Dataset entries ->
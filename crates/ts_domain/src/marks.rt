//! Marked numbers in rising order, as a tree that is changed in place.
//!
//! A tree is a treap: the node above others has the greatest priority of them, which its number determines. So its
//! depth is logarithmic in practice, and one set of marks has one form. Where a mark goes in, its node was made before;
//! so no change here needs memory.

ghost use Rattle.std.specs.Prelude.{◌≡◌, ◌≢◌, true, false, ◌∷◌, [], ◌++◌, ◌<ℤ◌, ◌≤ℤ◌, neg_ℤ, IfOk};
ghost use Rattle.std.specs.Prelude.{filter, int_le, int_lt};
ghost use Rattle.std.specs.List.{AllByRecursion};
ghost use Rattle.ts_base.specs.Limits.{greatest_value};
ghost use Rattle.ts_domain.specs.Marks.{gain, gain_of, flip_mark, MarksFrom};

use std::alloc::Global;
use std::marker::Model;
use std::mem;
use ts_base::Memory;

mod reading;

/// A number at which a set differs from the one that it was made of: there it is gone, or there alone it is.
#[derive(Clone, Copy, PartialEq, Eq)]
pub(crate) struct Mark {
    pub(crate) value: i64,
    pub(crate) gone: bool,
}

/// Marks in rising order.
#[cycle(marks)]
#[derive(Drop)]
pub(crate) struct Marks {
    root: Root,
}

#[cycle(marks)]
#[derive(Drop)]
enum Root {
    Empty,
    Full(Box<Node>),
}

/// A mark, those before it and those after it, and how many numbers the set has more by all of them.
#[cycle(marks)]
#[derive(Drop)]
pub(crate) struct Node {
    before: Marks,
    mark: Mark,
    more: i64,
    behind: Marks,
}

/// Marks cut at a number: those before it, the one at it, and those after it.
#[derive(Drop)]
struct Cut {
    before: Marks,
    at: Marks,
    behind: Marks,
}

impl Model for Marks {
    ghost use Rattle.std.specs.Prelude.{List};
    ghost use Rattle.ts_domain.specs.declared.marks.Mark.{Mark};

    ghost Value = { List Mark };

    ghost use Rattle.ts_domain.specs.MarkTree.{marks_of, RootFits};

    ghost view = { λ a. marks_of a.root };

    ghost invariant = { λ a. RootFits a.root };

    ghost use Rattle.std.specs.Prelude.{length};

    ghost size = { length };

    ghost use Rattle.ts_domain.specs.MarkTreeFalls.{depth_le-length-marks};

    ghost size_decreases = { λ a h. depth_le-length-marks a.root };
}

impl Mark {
    /// How many numbers the set has more by it.
    fn more(self) -> i64
        ensures { result ≡ gain_of self }
    {
        if self.gone { -1 } else { 1 }
    }
}

impl Node {
    /// A node that a mark can go into.
    pub(crate) fn spare(alloc: Global) -> Result<Box<Node>, Memory> {
        let node = Node {
            before: Marks::new(),
            mark: Mark {
                value: 0,
                gone: false,
            },
            more: 0,
            behind: Marks::new(),
        };
        Ok(Box::new(alloc, node)?)
    }

    /// The marks before its own, and those after it; both are taken out.
    fn take_sides(&mut self) -> (Marks, Marks)
        ensures before { result.0 ≡ self.old.before }
        ensures behind { result.1 ≡ self.old.behind }
        ensures mark { self.new.mark ≡ self.old.mark }
    {
        let before = mem::replace(&mut self.before, Marks::new());
        let behind = mem::replace(&mut self.behind, Marks::new());
        (before, behind)
    }
}

impl Marks {
    /// No marks.
    pub(crate) fn new() -> Marks
        ensures { result ≡ [] }
    {
        Marks { root: Root::Empty }
    }

    /// Whether there is none.
    pub(crate) fn is_empty(&self) -> bool
        ensures yes { result ≡ true → self.now ≡ [] }
        ensures no { result ≡ false → self.now ≢ [] }
    {
        matches!(self.root, Root::Empty)
    }

    /// How many numbers the set has more by the marks.
    pub(crate) fn more(&self) -> i64
        ensures { result ≡ gain self.now }
    {
        match &self.root {
            Root::Empty => 0,
            Root::Full(node) => node.more,
        }
    }
}

impl Marks {
    /// The marks before a number, the one at it, and those after it.
    fn split(self, v: i64) -> Cut
        ensures all { self ≡ result.before ++ result.at ++ result.behind }
        ensures before { AllByRecursion (λ m. m.value <ℤ v) result.before }
        ensures at { AllByRecursion (λ m. m.value ≡ v) result.at }
        ensures behind { AllByRecursion (λ m. v <ℤ m.value) result.behind }
    {
        let mut node = match self.root {
            Root::Empty => return Cut::empty(),
            Root::Full(node) => node,
        };
        let (before, behind) = node.take_sides();
        let here = node.mark.value;
        if v < here {
            let cut = before.split(v);
            Cut {
                before: cut.before,
                at: cut.at,
                behind: joined_at(node, cut.behind, behind),
            }
        } else if here < v {
            let cut = behind.split(v);
            Cut {
                before: joined_at(node, before, cut.before),
                at: cut.at,
                behind: cut.behind,
            }
        } else {
            Cut {
                before,
                at: joined_at(node, Marks::new(), Marks::new()),
                behind,
            }
        }
    }

    /// The marks with this one, or without the one at its number; the node is for a mark that comes in.
    pub(crate) fn flipped(self, mark: Mark, mut spare: Box<Node>) -> Marks
        requires rising { MarksFrom (neg_ℤ greatest_value) self }
        requires from { neg_ℤ greatest_value ≤ℤ mark.value }
        requires to { mark.value ≤ℤ greatest_value }
        ensures { result ≡ flip_mark mark self }
    {
        let cut = self.split(mark.value);
        if !cut.at.is_empty() {
            return joined(cut.before, cut.behind);
        }
        spare.mark = mark;
        let one = joined_at(spare, Marks::new(), Marks::new());
        joined(cut.before, joined(one, cut.behind))
    }

    /// The marks up to a number.
    pub(crate) fn up_to(self, t: i64) -> Marks
        requires { MarksFrom (neg_ℤ greatest_value) self }
        ensures { result ≡ filter (λ m. int_le m.value t) self }
    {
        let cut = self.split(t);
        joined(cut.before, cut.at)
    }

    /// The marks above a number.
    pub(crate) fn above(self, t: i64) -> Marks
        ensures { result ≡ filter (λ m. int_lt t m.value) self }
    {
        self.split(t).behind
    }

    /// A copy of the marks, in a tree of the form that this one has.
    pub(crate) fn try_clone(&self, alloc: Global) -> Result<Marks, Memory>
        ensures { IfOk result (λ marks. marks ≡ self.now) }
    {
        match &self.root {
            Root::Empty => Ok(Marks::new()),
            Root::Full(node) => {
                let copy = Node {
                    before: node.before.try_clone(alloc)?,
                    mark: node.mark,
                    more: node.more,
                    behind: node.behind.try_clone(alloc)?,
                };
                Ok(Marks {
                    root: Root::Full(Box::new(alloc, copy)?),
                })
            }
        }
    }
}

impl Cut {
    fn empty() -> Cut
        ensures before { result.before ≡ [] }
        ensures at { result.at ≡ [] }
        ensures behind { result.behind ≡ [] }
    {
        Cut {
            before: Marks::new(),
            at: Marks::new(),
            behind: Marks::new(),
        }
    }
}

/// Two lists of marks, with the mark of the node between them.
fn joined_at(mut node: Box<Node>, before: Marks, behind: Marks) -> Marks
    requires { MarksFrom (neg_ℤ greatest_value) (before ++ node.value.mark ∷ behind) }
    ensures { result ≡ before ++ node.value.mark ∷ behind }
{
    let mark = node.mark;
    let more = before.more() + mark.more() + behind.more();
    *node = Node {
        before,
        mark,
        more,
        behind,
    };
    Marks {
        root: Root::Full(node),
    }
}

/// The first marks, and the others after them.
fn joined(before: Marks, behind: Marks) -> Marks
    requires { MarksFrom (neg_ℤ greatest_value) (before ++ behind) }
    ensures { result ≡ before ++ behind }
{
    if before.is_empty() {
        return behind;
    }
    if behind.priority() < before.priority() {
        match before.root {
            Root::Empty => behind,
            Root::Full(mut top) => {
                let (outer, inner) = top.take_sides();
                joined_at(top, outer, joined(inner, behind))
            }
        }
    } else {
        match behind.root {
            Root::Empty => before,
            Root::Full(mut top) => {
                let (inner, outer) = top.take_sides();
                joined_at(top, joined(before, inner), outer)
            }
        }
    }
}
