//! Finite sets of numbers, and boxes of them that remember how they came about.
//!
//! A [`Domain`] is a non-empty set of numbers from -1,000,000 to 1,000,000. To the layer above it is the rising list
//! of its numbers. A [`Boxed`] has one domain per cell and a trail of earlier domains: to the layer above it is the
//! list of its boxes, the present one last.
//! Each change leaves exactly the named values of one cell and adds a box, and `undo` goes back to any earlier box
//! without memory. After `Memory` the value is as it was.
//!
//! A domain is made of sorted ranges, which never change, of one piece of them, and of marks: it has what of the
//! ranges lies in the piece, and at a marked number it is the other way round. Copies and smaller sets share the
//! ranges by a count, so a box of many cells with one domain has its ranges once. `keep_low` and `keep_high` make a
//! piece, whose ends are found by halving, and copy the marks that stay; the trail keeps the domain before. `remove`
//! marks a number in place, and its undo takes the mark away, so each costs by the depth of the marks' tree, and the
//! trail keeps the number and a node for it. A set that has lost more than 128 numbers by marks gets ranges of its
//! own where a smaller set is copied from it. Beside each range stands how many numbers lie before it, so the place
//! of a number is found by halving. A way over the numbers goes from range to range, and searches for its first number
//! alone; where numbers are marked, for the first of each run.
//!
//! ```text
//! let digits = Domain::from_ranges(alloc, &[0, 7], &[4, 9])?;
//! let mut cells = Boxed::new(alloc, &[digits])?;
//! let mark = cells.mark();
//! cells.keep_low(1, 5)?; // 0..4
//! cells.undo(mark); // 0..4 and 7..9
//! ```
#![tactic(auto)]

mod boxed;
mod counted;
mod cut;
mod domain;
mod interval;
mod keep;
pub mod laws;
mod lookup;
mod marks;
mod merge;
mod pieces;
mod stop;
mod values;
mod way;

pub use boxed::Boxed;
pub use domain::Domain;
pub use interval::Interval;
pub use stop::DomainStop;
pub use values::Values;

WORK INSTRUCTIONS -> The lines you return should be those above that contain the word "gone", every one of them.

EXERCISE ANSWER ->
/// A number at which a set differs from the one that it was made of: there it is gone, or there alone it is.
    pub(crate) gone: bool,
        if self.gone { -1 } else { 1 }
                gone: false,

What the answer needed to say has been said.